- _Data supplied_

// The rows of a capture that repeat the row before them. On a line that is at rest all do, so bytes alone are compared, and many
// at a time.
#![tactic(auto)]

ghost use Rattle.std.specs.Prelude.{◌≤◌, length, ◌≡◌};
ghost use Rattle.std.specs.Str.{bytes_eq};
ghost use Rattle.repeats.specs.Repeats.{leading, rows_in, repeated};

// The row before stands four bytes back.
const BACK: usize = 4;

const ROW: usize = 4;

// Sixteen rows.
const BLOCK: usize = 64;

// It looks at every byte, also behind one that differs: a loop that never leaves early is compiled to few wide comparisons.
fn alike<const N: usize>(piece: &[u8; N], other: &[u8; N]) -> bool
    ensures { result ≡ bytes_eq piece.now other.now }
{
    let mut all = true;
    for (a, b) in piece.iter().zip(other) {
        all &= *a == *b;
    }
    all
}

// How many pieces, from the first on, are this one. (`position` was tried: the proof that it finds the first other one did not close.)
fn leading<const N: usize>(piece: &[u8; N], pieces: &[[u8; N]]) -> usize
    ensures value { result ≡ leading piece.now pieces.now }
    ensures few { result ≤ length pieces.now }
{
    for (number, next) in pieces.iter().enumerate() {
        if !alike(piece, next) {
            return number;
        }
    }
    pieces.len()
}

// How many rows, from the first on, are this one: those of the first block, then the blocks that are that one, then rows again.
fn run_length(row: &[u8; ROW], bytes: &[u8]) -> usize
    ensures { result ≡ leading row.now (rows_in bytes.now) }
{
    let Some((block, behind)) = bytes.split_first_chunk::<BLOCK>() else {
        return leading(row, bytes.as_chunks::<ROW>().0);
    };
    let rows = leading(row, block.as_chunks::<ROW>().0);
    if rows < BLOCK / ROW {
        return rows;
    }
    let blocks = leading(block, behind.as_chunks::<BLOCK>().0);
    let last = leading(row, behind[blocks * BLOCK..].as_chunks::<ROW>().0);
    rows + blocks * (BLOCK / ROW) + last
}

// How many rows from a place on equal the row before it.
pub fn repeated(capture: &[u8], at: usize) -> usize
    ensures { result ≡ repeated capture.now at }
{
    if at < BACK || capture.len() < at {
        return 0;
    }
    let Some(row) = capture[at - BACK..].first_chunk::<ROW>() else {
        return 0;
    };
    run_length(row, &capture[at..])
}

- _Problem to work on_
Every line above carrying the word "from" needs to be shown.

- _Written solution_
// How many pieces, from the first on, are this one. (`position` was tried: the proof that it finds the first other one did not close.)
// How many rows, from the first on, are this one: those of the first block, then the blocks that are that one, then rows again.
// How many rows from a place on equal the row before it.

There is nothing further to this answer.